Bayesian statistics simply acknowledges that what we are really after is an estimate of the probability of a certain hypothesis to be true, given what we know before running an experiment, as well as what we learn from the experiment itself. Indeed, a simple formula known as Bayes theorem says that the probability that a hypothesis (among many) is correct, given the available data, depends on the probability that the data would be observed if that hypothesis were true, multiplied by the a priori probability (i.e., based on previous experience) that the hypothesis is true.
In Fisherian terms, the probability of an event is the frequency with which that event would occur given certain circumstances (hence the term “frequentist” to identify this classical approach).
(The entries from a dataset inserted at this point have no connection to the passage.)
//! The processes of a program with the messages between them, and their steps.
ghost use Rattle.da_core.specs.Compiled.{IsCompiled, program_of as compiled_program};
ghost use Rattle.da_lang.specs.Steps.{TimeOut, move_step};
ghost use Rattle.da_lang.specs.World.{at_number};
ghost use Rattle.da_system.specs.Channels.{channel};
ghost use Rattle.da_system.specs.Network.{Answers, HasPosted, IsReady, Stands, Whichever, is_spent, program_of};
ghost use Rattle.da_system.specs.Queues.{AreSent, count_of};
ghost use Rattle.da_system.specs.SoundState.{IsSoundState};
ghost use Rattle.da_system.specs.SystemStep.{deliver, lose, process_step, repeat, show, start, stat, sys_step};
ghost use Rattle.std.specs.Prelude.{◌≡◌, ◌↔◌, ◌+◌, ◌<◌, ◌≤◌, MatchOption, None, IfErr, IfOk, IsSome, IsTrue, OnOk, drop, false, is_some, length, option_copied, true};

use crate::channels::{Channels, may_arrive, may_lose, may_repeat};
use crate::queue::InFlight;
use da_core::{Compiled, Core, StepFault};
use da_lang::{Action, ChannelKind, Event};
use da_values::{List, NoMemory};
use std::alloc::Global;

/// The processes of a compiled program with their channels. Contracts see the states that they stand for, by `Stands`.
#[derive(Drop)]
pub struct Network<'c> {
    pub(crate) alloc: Global,
    compiled: &'c Compiled,
    cores: Vec<Core<'c>>,
    pub(crate) channels: Channels,
    pub(crate) spent: bool,
}

impl<'c> Network<'c> {
    /// The network before any event. `NoMemory` comes where memory is refused, where a value would have 2^128 holders, and where a
    /// sum is outside an i128.
    pub(crate) fn new(alloc: Global, compiled: &'c Compiled) -> Result<Network<'c>, NoMemory>
        requires { IsCompiled compiled.now }
        ensures ready { IfOk result IsReady }
        ensures program { IfOk result (λ network.
            program_of network ≡ compiled_program compiled.now) }
        ensures start { IfOk result (λ network.
            Stands network (start (compiled_program compiled.now))) }

        // That state is sound.
        ensures sound { let p = compiled_program compiled.now in IsSoundState p (start p) }
    {
        let count = compiled.program().procs.len();
        let mut cores = Vec::new(alloc);
        for place in 0..count {
            let core = Core::start(alloc, compiled, place as u16 + 1)?;
            if cores.push(core).is_err() {
                return Err(NoMemory);
            }
        }
        let channels = Channels::new(alloc, count)?;
        Ok(Network {
            alloc,
            compiled,
            cores,
            channels,
            spent: false,
        })
    }

    /// How many messages are in flight from process `p` to process `q`. It takes no memory.
    pub(crate) fn in_flight(&self, p: u32, q: u32) -> usize
        ensures { Whichever self.now (λ s. result ≡ length (channel s.channels p q)) }
    {
        self.channels.in_flight(p, q)
    }
}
For example, the probability of rolling a three with one (unloaded) die is 1/6, because there are six possible, equiprobable outcomes, and on average (i.e., on long enough runs) you will get a three one time every six.
In Bayesian terms, however, a probability is really an estimate of the degree of belief (as in confidence, not blind faith) that a researcher can put into a particular hypothesis, given all she knows about the problem at hand. Your degree of belief that threes come out once every six rolls of the die comes from both a priori considerations about fair dice, and the empirical fact that you have observed this sort of events in the past. However, should you witness a repeated specified outcome over and over, your degree of belief in the hypothesis of a fair die would keep going down until you strongly suspect foul play. It makes intuitive sense that the degree of confidence in a hypothesis changes with the available evidence, and one can think of different scientific hypotheses as competing for the highest degree of Bayesian probability. New experiments will lower our confidence in some hypotheses and increase it in others. Importantly, we might never be able to settle on one final hypothesis because the data may be roughly equally compatible with several alternatives (a frustrating situation very familiar to any scientist and known in philosophy as the underdetermination of hypotheses by the data).
You can see why a Bayesian description of the scientific enterprise—while not devoid of problems and critics—is revealing itself to be a tantalizing tool for both scientists, in their everyday practice, and for philosophers, as a more realistic way of thinking about science as a process.
Perhaps more importantly, Bayesian analyses are allowing researchers to save money and human lives during clinical trials because they permit the researcher to constantly reevaluate the likelihood of different hypotheses during the experiment. If we don’t have to wait for a long and costly clinical trial to be over before realizing that, say, two of the six drugs being tested are, in fact, significantly better than the others, Reverend Bayes might turn out to be a much more important figure in science than anybody has imagined over the last two centuries.